//! The slots of loops around a node and at its edges.
ghost use Rattle.std.specs.Prelude.{◌≡◌, ◌++◌, map, IfOk, OnOk};
ghost use Rattle.herm_translated.specs.CodeBlocks.{own_slot, slots_within};
ghost use Rattle.herm_fronts.specs.Forms.{form_seen};
ghost use Rattle.herm_fronts.specs.Frames.{table_of, variables_of};
ghost use Rattle.herm_blocks.specs.Views.{slots_view};
ghost use Rattle.herm_blocks.specs.Scopes.{open_at};

use crate::lengths::is_within;
use herm_base::TypeNo;
use herm_fronts::frame::Frame;
use herm_fronts::shapes::shape_at;
use herm_typed::TypedForm;
use herm_types::Shape;
use std::alloc::{AllocError, Global};

/// Of these slots those of the loops that have the statement with a number.
pub fn open_slots(
    alloc: Global,
    lengths: &[u32],
    number: u32,
    slots: &[(u32, TypeNo)],
) -> Result<Vec<(u32, TypeNo)>, AllocError>
    ensures { IfOk result (λ v. slots_view v.items ≡ open_at lengths.now number (slots_view slots.now)) }
{
    let mut found = Vec::new(alloc);
    'slots: for slot in slots {
        if is_within(lengths, number, slot.0) {
            found.push(*slot)?;
        }
    }
    Ok(found)
}

/// Appends the slot of a `for`, which has its statement's number.
fn push_own_slot(
    frame: &Frame,
    number: u32,
    form: &TypedForm,
    out: &mut Vec<(u32, TypeNo)>,
) -> Result<(), AllocError>
    ensures { OnOk result (slots_view out.new.items ≡ slots_view out.old.items ++ own_slot (table_of frame.now) (variables_of frame.now) number (form_seen form.now)) }
{
    let table = match form {
        TypedForm::For(_, t, _) => t,
        TypedForm::Case(_, _) => return Ok(()),
        TypedForm::Select(_) => return Ok(()),
        TypedForm::If(_, _, _) => return Ok(()),
        TypedForm::While(_, _) => return Ok(()),
        TypedForm::Try(_, _) => return Ok(()),
        _ => return Ok(()),
    };
    match shape_at(frame, &table.path) {
        None => Ok(()),
        Some(shape) => match shape {
            Shape::Rows { row, keys: _ } => {
                out.push((number, *row))?;
                Ok(())
            }
            _ => Ok(()),
        },
    }
}

/// The slots of a form's edges, where there are these at its first step.
pub fn slots_within(
    alloc: Global,
    frame: &Frame,
    number: u32,
    form: &TypedForm,
    slots: &[(u32, TypeNo)],
) -> Result<Vec<(u32, TypeNo)>, AllocError>
    ensures { IfOk result (λ v. slots_view v.items ≡ slots_within (table_of frame.now) (variables_of frame.now) number (form_seen form.now) (slots_view slots.now)) }
{
    let mut within = Vec::new(alloc);
    push_own_slot(frame, number, form, &mut within)?;
    within.extend_from_slice(slots)?;
    Ok(within)
}
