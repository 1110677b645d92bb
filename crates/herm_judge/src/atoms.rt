//! Keys and arguments: whether they are there, whether they fit, whether they may be copied.
ghost use Rattle.std.specs.Prelude.{◌≡◌, ◌∷◌, [], map, slice_get};
ghost use Rattle.herm_model.specs.Lists.{all_pass, list_of};
ghost use Rattle.herm_model.specs.Expressions.{paths_among};
ghost use Rattle.herm_model.specs.Calls.{arguments_by};
ghost use Rattle.herm_meaning.specs.Names.{IsWellNamed};
ghost use Rattle.herm_naming.specs.Fits.{may_be, atom_gives, is_fit_atom, is_set_atom, is_argument, are_arguments, are_keys, field_types, is_in_mode, may_have_keys, has_parameters, gives_parameters, takes_parameters};
ghost use Rattle.herm_naming.specs.UnknownNames.{is_there, is_literal_there, literals_among};
ghost use Rattle.herm_naming.specs.Copies.{may_copy_each};
ghost use Rattle.herm_types.specs.View.{mode_view, param_view};
ghost use Rattle.herm_typed.specs.View.{typed_atom_view};
ghost use Rattle.herm_judge.specs.View.{kind, table_of, variables_of};

use crate::frame::Frame;
use crate::literals::{is_literal_fit, is_literal_there, literal_gives};
use crate::paths::{is_own, is_seen, is_there, type_of};
use crate::shapes::{may_copy, may_equal, shape_of, type_in};
use herm_base::TypeNo;
use herm_typed::TypedAtom;
use herm_types::{Mode, Param, Shape, TypeTable};

/// The type of an atom.
fn atom_gives(frame: &Frame, a: &TypedAtom) -> Option<TypeNo>
    ensures gives { kind result ≡ atom_gives (table_of frame.now) (variables_of frame.now) (typed_atom_view a.now) }
{
    match a {
        TypedAtom::Literal(l) => literal_gives(l),
        TypedAtom::Path(p) => type_of(frame, &p.path),
    }
}

fn is_atom_fit(frame: &Frame, a: &TypedAtom) -> bool
    ensures fits { result ≡ is_fit_atom (table_of frame.now) (variables_of frame.now) (typed_atom_view a.now) }
{
    match a {
        TypedAtom::Literal(l) => is_literal_fit(frame.types, l),
        TypedAtom::Path(p) => is_seen(frame, &p.path),
    }
}

/// Whether atoms fit by themselves.
pub fn are_atoms_fit(frame: &Frame, list: &[TypedAtom]) -> bool
    ensures fit { result ≡ all_pass (is_fit_atom (table_of frame.now) (variables_of frame.now)) (map typed_atom_view list.now) }
{
    'atoms: for a in list {
        if !is_atom_fit(frame, a) {
            return false;
        }
    }
    true
}

/// Whether the paths among atoms are there.
pub fn are_paths_there(frame: &Frame, list: &[TypedAtom]) -> bool
    ensures there { result ≡ all_pass (is_there (table_of frame.now) (variables_of frame.now)) (paths_among (map typed_atom_view list.now)) }
{
    'atoms: for a in list {
        if let TypedAtom::Path(p) = a {
            if !is_there(frame, &p.path) {
                return false;
            }
        }
    }
    true
}

/// Whether the literals among atoms are there.
pub fn are_literals_there(types: &TypeTable, list: &[TypedAtom]) -> bool
    ensures there { result ≡ all_pass (is_literal_there types.now.shapes) (literals_among (map typed_atom_view list.now)) }
{
    'atoms: for a in list {
        if let TypedAtom::Literal(l) = a {
            if !is_literal_there(types, l) {
                return false;
            }
        }
    }
    true
}

/// Whether the values at the paths among atoms may be copied.
pub fn are_keys_copied(frame: &Frame, list: &[TypedAtom]) -> bool
    requires well { IsWellNamed frame.now.types.now }
    ensures copied { result ≡ may_copy_each (table_of frame.now) (variables_of frame.now) (paths_among (map typed_atom_view list.now)) }
{
    'atoms: for a in list {
        if let TypedAtom::Path(p) = a {
            if !may_copy(frame.types, type_of(frame, &p.path)) {
                return false;
            }
        }
    }
    true
}

/// The type of a field of a row, none where the row is no record.
fn field_type(types: &TypeTable, row: TypeNo, place: u32) -> Option<TypeNo>
    ensures of { kind result ≡ slice_get (list_of field_types (slice_get types.now.shapes row.0)) place }
{
    if row.0 as usize >= types.len() {
        return None;
    }
    match types.shape(row) {
        Shape::Fields(parts) => type_in(parts.as_slice(), place),
        _ => None,
    }
}

fn are_keys(frame: &Frame, row: TypeNo, key: &[u32], list: &[TypedAtom]) -> bool
    ensures keys { result ≡ are_keys (table_of frame.now) (variables_of frame.now) (list_of field_types (slice_get (table_of frame.now) row.0)) key.now (map typed_atom_view list.now) }
{
    let mut rest = list;
    'keys: for place in key {
        match rest.split_first() {
            None => return false,
            Some((a, others)) => {
                let field = field_type(frame.types, row, *place);
                if !may_equal(frame.types, field, atom_gives(frame, a)) {
                    return false;
                }
                rest = others;
            }
        }
    }
    rest.is_empty()
}

/// Whether a type is a table with such a key.
pub fn may_have_keys(frame: &Frame, t: Option<TypeNo>, list: &[TypedAtom]) -> bool
    ensures may { result ≡ may_be (table_of frame.now) (may_have_keys (table_of frame.now) (variables_of frame.now) (map typed_atom_view list.now)) (kind t) }
{
    match shape_of(frame.types, t) {
        None => true,
        Some(shape) => match shape {
            Shape::Rows { row, keys } => are_keys(frame, *row, keys.as_slice(), list),
            _ => false,
        },
    }
}

fn is_in(mode: Mode) -> bool
    ensures mode { result ≡ is_in_mode (mode_view mode) }
{
    match mode {
        Mode::In => true,
        Mode::Inout => false,
        Mode::Out => false,
    }
}

fn is_set_atom(frame: &Frame, a: &TypedAtom) -> bool
    ensures set { result ≡ is_set_atom (table_of frame.now) (variables_of frame.now) (typed_atom_view a.now) }
{
    match a {
        TypedAtom::Literal(_) => false,
        TypedAtom::Path(p) => is_own(frame, &p.path),
    }
}

fn is_argument(frame: &Frame, param: &Param, a: &TypedAtom) -> bool
    ensures argument { result ≡ is_argument (table_of frame.now) (variables_of frame.now) (param_view param.now) (typed_atom_view a.now) }
{
    may_equal(frame.types, Some(param.of), atom_gives(frame, a))
        && (is_in(param.mode) || is_set_atom(frame, a))
}

fn are_arguments(frame: &Frame, params: &[Param], list: &[TypedAtom]) -> bool
    ensures arguments { result ≡ are_arguments (table_of frame.now) (variables_of frame.now) (map param_view params.now) (map typed_atom_view list.now) }
{
    let mut rest = list;
    'params: for param in params {
        match rest.split_first() {
            None => return false,
            Some((a, others)) => {
                if !is_argument(frame, param, a) {
                    return false;
                }
                rest = others;
            }
        }
    }
    rest.is_empty()
}

fn has_parameters(frame: &Frame, t: Option<TypeNo>, list: &[TypedAtom]) -> bool
    ensures may { result ≡ may_be (table_of frame.now) (has_parameters (table_of frame.now) (variables_of frame.now) (map typed_atom_view list.now)) (kind t) }
{
    match shape_of(frame.types, t) {
        None => true,
        Some(shape) => match shape {
            Shape::CallMessage { params, raises: _ } => {
                are_arguments(frame, params.as_slice(), list)
            }
            _ => false,
        },
    }
}

fn gives_parameters(frame: &Frame, t: Option<TypeNo>, list: &[TypedAtom]) -> bool
    ensures may { result ≡ may_be (table_of frame.now) (gives_parameters (table_of frame.now) (variables_of frame.now) (map typed_atom_view list.now)) (kind t) }
{
    match shape_of(frame.types, t) {
        None => true,
        Some(shape) => match shape {
            Shape::Inport { message, facts: _ } => has_parameters(frame, Some(*message), list),
            _ => false,
        },
    }
}

/// Whether a type is an outport to callmessages that take these arguments.
pub fn takes_parameters(frame: &Frame, t: Option<TypeNo>, list: &[TypedAtom]) -> bool
    ensures may { result ≡ may_be (table_of frame.now) (takes_parameters (table_of frame.now) (variables_of frame.now) (map typed_atom_view list.now)) (kind t) }
{
    match shape_of(frame.types, t) {
        None => true,
        Some(shape) => match shape {
            Shape::Outport { port } => gives_parameters(frame, Some(*port), list),
            _ => false,
        },
    }
}

fn may_copy_atom(frame: &Frame, a: &TypedAtom) -> bool
    requires well { IsWellNamed frame.now.types.now }
    ensures copied { result ≡ may_copy_each (table_of frame.now) (variables_of frame.now) (paths_among (typed_atom_view a.now ∷ [])) }
{
    match a {
        TypedAtom::Literal(_) => true,
        TypedAtom::Path(p) => may_copy(frame.types, type_of(frame, &p.path)),
    }
}

fn is_argument_copied(frame: &Frame, param: &Param, a: &TypedAtom) -> bool
    requires well { IsWellNamed frame.now.types.now }
    ensures copied { result ≡ may_copy_each (table_of frame.now) (variables_of frame.now) (arguments_by is_in_mode (param_view param.now ∷ []) (typed_atom_view a.now ∷ [])) }
{
    if !is_in(param.mode) {
        return true;
    }
    may_copy_atom(frame, a)
}

/// Whether the values of the arguments of mode `in` may be copied.
pub fn are_arguments_copied(frame: &Frame, params: &[Param], list: &[TypedAtom]) -> bool
    requires well { IsWellNamed frame.now.types.now }
    ensures copied { result ≡ may_copy_each (table_of frame.now) (variables_of frame.now) (arguments_by is_in_mode (map param_view params.now) (map typed_atom_view list.now)) }
{
    let mut rest = list;
    'params: for param in params {
        match rest.split_first() {
            None => return true,
            Some((a, others)) => {
                if !is_argument_copied(frame, param, a) {
                    return false;
                }
                rest = others;
            }
        }
    }
    true
}
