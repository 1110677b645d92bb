//! Types where they are known, and tests of their shapes. A type that is not known passes every test.
ghost use Rattle.std.specs.Prelude.{◌≡◌, option_map, slice_get, map, nat_eq};
ghost use Rattle.herm_model.specs.Lists.{any_pass};
ghost use Rattle.herm_meaning.specs.Names.{IsWellNamed};
ghost use Rattle.herm_naming.specs.Copies.{may_copy, may_copy_rows};
ghost use Rattle.herm_model.specs.Types.{part_of, part_type, is_variant, is_cases, Raised};
ghost use Rattle.herm_model.specs.TypedExpressions.{is_boolean_shape, is_integer_shape, is_text_shape, is_scalar_shape, is_ordered_shape, is_out_parameter, is_out_part, is_out_mode, takes};
ghost use Rattle.herm_model.specs.TypedStatements.{can_be_new};
ghost use Rattle.herm_naming.specs.Fits.{shape_of, may_be, when_known, may_equal, may_hold, may_have_rows, may_lead, may_give, may_take, may_raise, is_polymorph_shape, is_names_shape, is_rows_shape, is_callmessage_shape};
ghost use Rattle.herm_naming.specs.UnknownNames.{is_known};
ghost use Rattle.herm_naming.specs.StatementFaults.{is_inport_shape};
ghost use Rattle.herm_types.specs.View.{shape_view, mode_view, raise_decl_view};
ghost use Rattle.herm_typed.specs.View.{typed_comp_op_view, typed_sum_op_view, typed_prod_op_view};
ghost use Rattle.herm_judge.specs.View.{kind};

use herm_base::{ExcNo, TypeNo};
use herm_syntax::{CompOp, ProdOp, SumOp};
use herm_types::{Mode, Param, Part, RaiseDecl, Shape, TypeTable};

/// The shape of a type, none where the type is not known.
pub fn shape_of(types: &TypeTable, t: Option<TypeNo>) -> Option<&Shape>
    ensures shape { option_map (λ s. shape_view s.now) result ≡ shape_of types.now.shapes (kind t) }
{
    let t = match t {
        Some(t) => t,
        None => return None,
    };
    if t.0 as usize >= types.len() {
        return None;
    }
    Some(types.shape(t))
}

/// The type, where it is known.
pub fn known(types: &TypeTable, t: Option<TypeNo>) -> Option<TypeNo>
    ensures known { kind result ≡ when_known types.now.shapes (kind t) }
{
    let t = match t {
        Some(t) => t,
        None => return None,
    };
    if t.0 as usize >= types.len() {
        return None;
    }
    let _shape = types.shape(t);
    Some(t)
}

/// Whether a type is known.
pub fn is_known(types: &TypeTable, t: Option<TypeNo>) -> bool
    ensures known { result ≡ is_known types.now.shapes (kind t) }
{
    let t = match t {
        Some(t) => t,
        None => return false,
    };
    if t.0 as usize >= types.len() {
        return false;
    }
    let _shape = types.shape(t);
    true
}

/// Whether two types are one, where both are known.
pub fn may_equal(types: &TypeTable, t: Option<TypeNo>, u: Option<TypeNo>) -> bool
    ensures equal { result ≡ may_equal types.now.shapes (kind t) (kind u) }
{
    let t = match known(types, t) {
        Some(t) => t,
        None => return true,
    };
    let u = match known(types, u) {
        Some(u) => u,
        None => return true,
    };
    t.0 == u.0
}

fn type_of_part(shape: &Shape, place: usize) -> Option<TypeNo>
    ensures of { kind result ≡ part_type (shape_view shape.now) place }
{
    match shape {
        Shape::Fields(parts) => parts.get(place).map(|part| part.of),
        Shape::Cases(parts) => parts.get(place).map(|part| part.of),
        Shape::CallMessage { params, raises: _ } => params.get(place).map(|param| param.of),
        _ => None,
    }
}

/// The type of the part at a place of a type.
pub fn part_of(types: &TypeTable, t: Option<TypeNo>, place: u32) -> Option<TypeNo>
    ensures of { kind result ≡ part_of types.now.shapes (kind t) place }
{
    let t = match t {
        Some(t) => t,
        None => return None,
    };
    if t.0 as usize >= types.len() {
        return None;
    }
    type_of_part(types.shape(t), place as usize)
}

fn is_cases(shape: &Shape) -> bool
    ensures cases { result ≡ is_cases (shape_view shape.now) }
{
    match shape {
        Shape::Cases(_) => true,
        _ => false,
    }
}

/// Whether a type is a variant that is known.
pub fn is_variant(types: &TypeTable, t: Option<TypeNo>) -> bool
    ensures variant { result ≡ is_variant types.now.shapes (kind t) }
{
    let t = match t {
        Some(t) => t,
        None => return false,
    };
    if t.0 as usize >= types.len() {
        return false;
    }
    is_cases(types.shape(t))
}

fn is_out(mode: Mode) -> bool
    ensures out { result ≡ is_out_mode (mode_view mode) }
{
    match mode {
        Mode::Out => true,
        Mode::In => false,
        Mode::Inout => false,
    }
}

fn is_out_parameter(shape: &Shape, place: usize) -> bool
    ensures out { result ≡ is_out_parameter (shape_view shape.now) place }
{
    match shape {
        Shape::CallMessage { params, raises: _ } => match params.get(place) {
            Some(param) => is_out(param.mode),
            None => false,
        },
        _ => false,
    }
}

/// Whether the part at a place of a type is an `out` parameter.
pub fn is_out_part(types: &TypeTable, t: Option<TypeNo>, place: u32) -> bool
    ensures out { result ≡ is_out_part types.now.shapes (kind t) place }
{
    let t = match t {
        Some(t) => t,
        None => return false,
    };
    if t.0 as usize >= types.len() {
        return false;
    }
    is_out_parameter(types.shape(t), place as usize)
}

pub fn is_boolean(types: &TypeTable, t: Option<TypeNo>) -> bool
    ensures may { result ≡ may_be types.now.shapes is_boolean_shape (kind t) }
{
    match shape_of(types, t) {
        None => true,
        Some(shape) => match shape {
            Shape::Boolean => true,
            _ => false,
        },
    }
}

pub fn is_integer(types: &TypeTable, t: Option<TypeNo>) -> bool
    ensures may { result ≡ may_be types.now.shapes is_integer_shape (kind t) }
{
    match shape_of(types, t) {
        None => true,
        Some(shape) => match shape {
            Shape::Integer => true,
            _ => false,
        },
    }
}

pub fn is_text(types: &TypeTable, t: Option<TypeNo>) -> bool
    ensures may { result ≡ may_be types.now.shapes is_text_shape (kind t) }
{
    match shape_of(types, t) {
        None => true,
        Some(shape) => match shape {
            Shape::Text => true,
            _ => false,
        },
    }
}

pub fn is_scalar(types: &TypeTable, t: Option<TypeNo>) -> bool
    ensures may { result ≡ may_be types.now.shapes is_scalar_shape (kind t) }
{
    match shape_of(types, t) {
        None => true,
        Some(shape) => match shape {
            Shape::Boolean => true,
            Shape::Integer => true,
            Shape::Text => true,
            Shape::Names(_) => true,
            _ => false,
        },
    }
}

pub fn is_ordered(types: &TypeTable, t: Option<TypeNo>) -> bool
    ensures may { result ≡ may_be types.now.shapes is_ordered_shape (kind t) }
{
    match shape_of(types, t) {
        None => true,
        Some(shape) => match shape {
            Shape::Integer => true,
            Shape::Text => true,
            _ => false,
        },
    }
}

/// Whether a type is an enumeration.
pub fn is_names(types: &TypeTable, t: Option<TypeNo>) -> bool
    ensures may { result ≡ may_be types.now.shapes is_names_shape (kind t) }
{
    match shape_of(types, t) {
        None => true,
        Some(shape) => match shape {
            Shape::Names(_) => true,
            _ => false,
        },
    }
}

/// Whether a type is a table.
pub fn is_rows(types: &TypeTable, t: Option<TypeNo>) -> bool
    ensures may { result ≡ may_be types.now.shapes is_rows_shape (kind t) }
{
    match shape_of(types, t) {
        None => true,
        Some(shape) => match shape {
            Shape::Rows { row: _, keys: _ } => true,
            _ => false,
        },
    }
}

pub fn is_polymorph(types: &TypeTable, t: Option<TypeNo>) -> bool
    ensures may { result ≡ may_be types.now.shapes is_polymorph_shape (kind t) }
{
    match shape_of(types, t) {
        None => true,
        Some(shape) => match shape {
            Shape::Poly => true,
            _ => false,
        },
    }
}

pub fn is_callmessage(types: &TypeTable, t: Option<TypeNo>) -> bool
    ensures may { result ≡ may_be types.now.shapes is_callmessage_shape (kind t) }
{
    match shape_of(types, t) {
        None => true,
        Some(shape) => match shape {
            Shape::CallMessage {
                params: _,
                raises: _,
            } => true,
            _ => false,
        },
    }
}

/// Whether a type is a variant.
pub fn may_be_variant(types: &TypeTable, t: Option<TypeNo>) -> bool
    ensures may { result ≡ may_be types.now.shapes is_cases (kind t) }
{
    match shape_of(types, t) {
        None => true,
        Some(shape) => is_cases(shape),
    }
}

/// Whether `new` makes values of a type: of a record, a table or an inport.
pub fn can_be_new(types: &TypeTable, t: Option<TypeNo>) -> bool
    ensures may { result ≡ may_be types.now.shapes can_be_new (kind t) }
{
    match shape_of(types, t) {
        None => true,
        Some(shape) => match shape {
            Shape::Fields(_) => true,
            Shape::Rows { row: _, keys: _ } => true,
            Shape::Inport {
                message: _,
                facts: _,
            } => true,
            _ => false,
        },
    }
}

/// Whether a comparison takes operands of a type.
pub fn comparison_takes(types: &TypeTable, op: CompOp, t: Option<TypeNo>) -> bool
    ensures may { result ≡ may_be types.now.shapes (takes (typed_comp_op_view op)) (kind t) }
{
    match op {
        CompOp::Eq => is_scalar(types, t),
        CompOp::Ne => is_scalar(types, t),
        CompOp::Lt => is_ordered(types, t),
        CompOp::Le => is_ordered(types, t),
        CompOp::Gt => is_ordered(types, t),
        CompOp::Ge => is_ordered(types, t),
    }
}

/// Whether `+`, `-` or `&` takes operands of a type.
pub fn sum_takes(types: &TypeTable, op: SumOp, t: Option<TypeNo>) -> bool
    ensures may { result ≡ may_be types.now.shapes (takes (typed_sum_op_view op)) (kind t) }
{
    match op {
        SumOp::Add => is_integer(types, t),
        SumOp::Sub => is_integer(types, t),
        SumOp::Cat => is_text(types, t),
    }
}

/// Whether `*`, `div` or `mod` takes operands of a type.
pub fn product_takes(types: &TypeTable, op: ProdOp, t: Option<TypeNo>) -> bool
    ensures may { result ≡ may_be types.now.shapes (takes (typed_prod_op_view op)) (kind t) }
{
    match op {
        ProdOp::Mul => is_integer(types, t),
        ProdOp::Div => is_integer(types, t),
        ProdOp::Mod => is_integer(types, t),
    }
}

/// The type of the part at a place.
pub fn type_in(parts: &[Part], place: u32) -> Option<TypeNo>
    ensures of { kind result ≡ slice_get (map (λ p. p.of.0) parts.now) place }
{
    parts.get(place as usize).map(|part| part.of)
}

/// Whether a type is a variant whose component is of another type.
pub fn may_hold(types: &TypeTable, v: Option<TypeNo>, component: u32, t: Option<TypeNo>) -> bool
    ensures may { result ≡ may_be types.now.shapes (may_hold types.now.shapes component (kind t)) (kind v) }
{
    match shape_of(types, v) {
        None => true,
        Some(shape) => match shape {
            Shape::Cases(parts) => may_equal(types, type_in(parts.as_slice(), component), t),
            _ => false,
        },
    }
}

/// Whether a type is a table of rows of another type.
pub fn may_have_rows(types: &TypeTable, v: Option<TypeNo>, t: Option<TypeNo>) -> bool
    ensures may { result ≡ may_be types.now.shapes (may_have_rows types.now.shapes (kind t)) (kind v) }
{
    match shape_of(types, v) {
        None => true,
        Some(shape) => match shape {
            Shape::Rows { row, keys: _ } => may_equal(types, Some(*row), t),
            _ => false,
        },
    }
}

/// Whether a type is an outport of another type.
pub fn may_lead(types: &TypeTable, o: Option<TypeNo>, t: Option<TypeNo>) -> bool
    ensures may { result ≡ may_be types.now.shapes (may_lead types.now.shapes (kind t)) (kind o) }
{
    match shape_of(types, o) {
        None => true,
        Some(shape) => match shape {
            Shape::Outport { port } => may_equal(types, Some(*port), t),
            _ => false,
        },
    }
}

/// Whether a type is an inport of messages of another type.
pub fn may_give(types: &TypeTable, i: Option<TypeNo>, t: Option<TypeNo>) -> bool
    ensures may { result ≡ may_be types.now.shapes (may_give types.now.shapes (kind t)) (kind i) }
{
    match shape_of(types, i) {
        None => true,
        Some(shape) => match shape {
            Shape::Inport { message, facts: _ } => may_equal(types, Some(*message), t),
            _ => false,
        },
    }
}

/// Whether a type is an outport to an inport of messages of another type.
pub fn may_take(types: &TypeTable, o: Option<TypeNo>, t: Option<TypeNo>) -> bool
    ensures may { result ≡ may_be types.now.shapes (may_take types.now.shapes (kind t)) (kind o) }
{
    match shape_of(types, o) {
        None => true,
        Some(shape) => match shape {
            Shape::Outport { port } => may_give(types, Some(*port), t),
            _ => false,
        },
    }
}

/// Whether values of a type may be copied.
#[tactic(auto, using(crate::proofs::Copyable::copy_tested))]
pub fn may_copy(types: &TypeTable, t: Option<TypeNo>) -> bool
    requires well { IsWellNamed types.now }
    ensures copies { result ≡ may_copy types.now.shapes (kind t) }
{
    let t = match t {
        Some(t) => t,
        None => return true,
    };
    if t.0 as usize >= types.len() {
        return true;
    }
    let _shape = types.shape(t);
    types.is_copyable(t)
}

/// Whether a type is a table whose rows may be copied.
pub fn may_copy_rows(types: &TypeTable, t: Option<TypeNo>) -> bool
    requires well { IsWellNamed types.now }
    ensures copies { result ≡ may_be types.now.shapes (may_copy_rows types.now.shapes) (kind t) }
{
    match shape_of(types, t) {
        None => true,
        Some(shape) => match shape {
            Shape::Rows { row, keys: _ } => may_copy(types, Some(*row)),
            _ => true,
        },
    }
}

fn raises_exception(raises: &[RaiseDecl], e: ExcNo) -> bool
    ensures raises { result ≡ any_pass (λ (r : Raised). nat_eq e.0 r.exception) (map raise_decl_view raises.now) }
{
    'raises: for r in raises {
        if e.0 == r.exc.0 {
            return true;
        }
    }
    false
}

/// Whether a type is a callmessage that may raise an exception.
pub fn may_raise(types: &TypeTable, m: Option<TypeNo>, e: ExcNo) -> bool
    ensures may { result ≡ may_be types.now.shapes (may_raise e.0) (kind m) }
{
    match shape_of(types, m) {
        None => true,
        Some(shape) => match shape {
            Shape::CallMessage { params: _, raises } => raises_exception(raises.as_slice(), e),
            _ => false,
        },
    }
}

/// Whether a type is an inport type.
pub fn is_inport(types: &TypeTable, t: Option<TypeNo>) -> bool
    ensures may { result ≡ may_be types.now.shapes is_inport_shape (kind t) }
{
    match shape_of(types, t) {
        None => true,
        Some(shape) => match shape {
            Shape::Inport {
                message: _,
                facts: _,
            } => true,
            _ => false,
        },
    }
}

▬▬▬▬▬▬

Exercise objective -
Only the lines from the beginning of the material to the line containing "use crate::lengths::is_within;" should be echoed, verbatim and in full.

Reply -
//! The slots of loops around a node and at its edges.
ghost use Rattle.std.specs.Prelude.{◌≡◌, ◌++◌, map, IfOk, OnOk};
ghost use Rattle.herm_translated.specs.CodeBlocks.{own_slot, slots_within};
ghost use Rattle.herm_fronts.specs.Forms.{form_seen};
ghost use Rattle.herm_fronts.specs.Frames.{table_of, variables_of};
ghost use Rattle.herm_blocks.specs.Views.{slots_view};
ghost use Rattle.herm_blocks.specs.Scopes.{open_at};

use crate::lengths::is_within;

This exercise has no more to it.